I would argue Boston deserves the most transparent, cost effective, and accurately estimated Games bid in history. It should be the greenest games, the cheapest games, and games that will be used as an engine for actual growth and community redevelopment that benefit everyone and not just the wealthy or connected. Those would be statement games that show that the cradle of liberty could democratize and clean up a games that are corrupt, autocratic, broken, and reserved for the wealthy. I would be all for those games. That would be the kind of games Boston deserves, it’s not the games we seem to be getting. And I think some of the more eloquent boosters who have pride in our community, our state, and it’s legacy of liberty should be the first ones demanding that we get the best games possible, not settling for the status quo.
If the IOC visits Boston and finds everyone driving around with No Boston Olympics bumper stickers, are they really going to force it on us?
a number of cities in democratic countries have pulled out because of local oppositions.

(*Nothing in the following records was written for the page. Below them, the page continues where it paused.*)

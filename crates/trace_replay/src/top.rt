//! The call that a program makes.

ghost use Rattle.std.specs.Prelude.{◌≡◌, ◌≤◌, ◌⊎◌, IfSome, IsTrue, None, Some, [], map, ℕ};
ghost use Rattle.std.specs.String.{string_bytes};
ghost use Rattle.trace_replay.specs.LoadAnswers.{MakesLoad};
ghost use Rattle.trace_replay.specs.Replaying.{IsOfWhole};
ghost use Rattle.trace_replay.specs.Statuses.{HasReadCause, HasWriteCause, PutsOnce, ReadsExactly};
ghost use Rattle.trace_replay.specs.UnderWay.{HasEnded};
ghost use Rattle.trace_replay.specs.Words.{asked_by};
ghost use Rattle.trace_replay.specs.declared.words.Asked.TheVariants.{Load, Replay};

use crate::load::load;
use crate::replay::replay;
use crate::status::ReplayStatus;
use crate::words::{Asked, asked_for};
use cluster_queue::ClusterQueue;
use ports::{Sink, Source};
use std::alloc::Global;

/// Replays a trace, or makes the load, as the words after the program's name ask for.
///
/// With no words it reads the setup line and the lines of steps from the source, and writes them to
/// the sink: the setup in its canonical text, and each step with its effective moment and its
/// answer. It holds one line of input at a time, and puts what it wrote before it asks the source
/// for more. Whatever ends the call, the lines before are written, and the line at fault is not.
///
/// With `--load SEED --steps N` (SEED 0 to 4,294,967,295, N 1 to 200,000) it reads nothing, makes
/// the load of that seed, and writes its summary.
///
/// It waits for nobody but the source and the sink, and never asks a device again that failed.
pub fn replay_main<S: Source, K: Sink>(
    alloc: Global,
    words: &[String],
    source: &mut S,
    sink: &mut K,
) -> ReplayStatus
    // Usage comes exactly where the words ask for nothing, unless memory ran out. Then nothing is taken or put.
    ensures usage { result ≡ ReplayStatus.Usage → asked_by (map string_bytes words.now) ≡ None }
    ensures refuses { asked_by (map string_bytes words.now) ≡ None → (result ≡ ReplayStatus.Usage) ⊎ (result ≡ ReplayStatus.OutOfMemory) }
    ensures idle { asked_by (map string_bytes words.now) ≡ None → (source.new ≡ source.old) × (sink.new ≡ sink.old) }
    ensures no_words { asked_by [] ≡ Some Replay }

    // A replay: what was taken, written and answered is right by the policy, also where a device fails.
    ensures replays { asked_by (map string_bytes words.now) ≡ Some Replay → HasEnded (S.left source.old) (K.taken sink.old) (S.left source.new) (K.taken sink.new) result }
    // From bytes to bytes: over a source that tells its bytes, status and output are those of these bytes.
    ensures whole { asked_by (map string_bytes words.now) ≡ Some Replay → IfSome (S.left source.old) (λ bytes. IsOfWhole bytes (K.taken sink.old) (K.taken sink.new) result) }

    // The load: nothing is read.
    ensures load { (seed steps : ℕ) → asked_by (map string_bytes words.now) ≡ Some (Load seed steps) → (source.new ≡ source.old) × MakesLoad seed steps (K.taken sink.old) (K.taken sink.new) result }

    // A fault comes only where the count of its device rose. Where the devices count exactly, one call failed and none followed it.
    ensures read_cause { HasReadCause (S.faults source.old) (S.faults source.new) result }
    ensures write_cause { HasWriteCause (K.faults sink.old) (K.faults sink.new) result }
    ensures read_later { S.faults source.old ≤ S.faults source.new }
    ensures write_later { K.faults sink.old ≤ K.faults sink.new }
    ensures read_exact { IsTrue S.is_exact → ReadsExactly (S.faults source.old) (S.faults source.new) (S.is_failing source.new) result }
    ensures write_exact { IsTrue K.is_exact → PutsOnce (K.faults sink.old) (K.faults sink.new) (K.is_failing sink.new) result }
{
    match asked_for(alloc, words) {
        Ok(Asked::Replay) => replay::<ClusterQueue, S, K>(alloc, source, sink),
        Ok(Asked::Load { seed, steps }) => load::<ClusterQueue, K>(alloc, seed, steps, sink),
        Err(status) => status,
    }
}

I’m several of these places, though, there’s been a lot more openness about the process. For example, Norway pulled out of a Winter Olympics after citizens figured out the demands of the IOC — infamously including the IOC’s demand for free booze.
And the protesters tailing every single public IOC event, protesting outside of Chicago 2016 CEO’s Patrick Ryan’s suburban Wilmette manse, blowing up the aldermanic offices phones to force the Council to hold Daley to task on some of the funding promises, all of that showed the IOC that the city didn’t want the games. That was the clear takeaway-so keep vocal and make sure Boston gets the games it deserves. And if the IOC is unwilling to let us host those games, than we shouldn’t host any. That has always been my position and that is what opponents should stick to, loud and clear.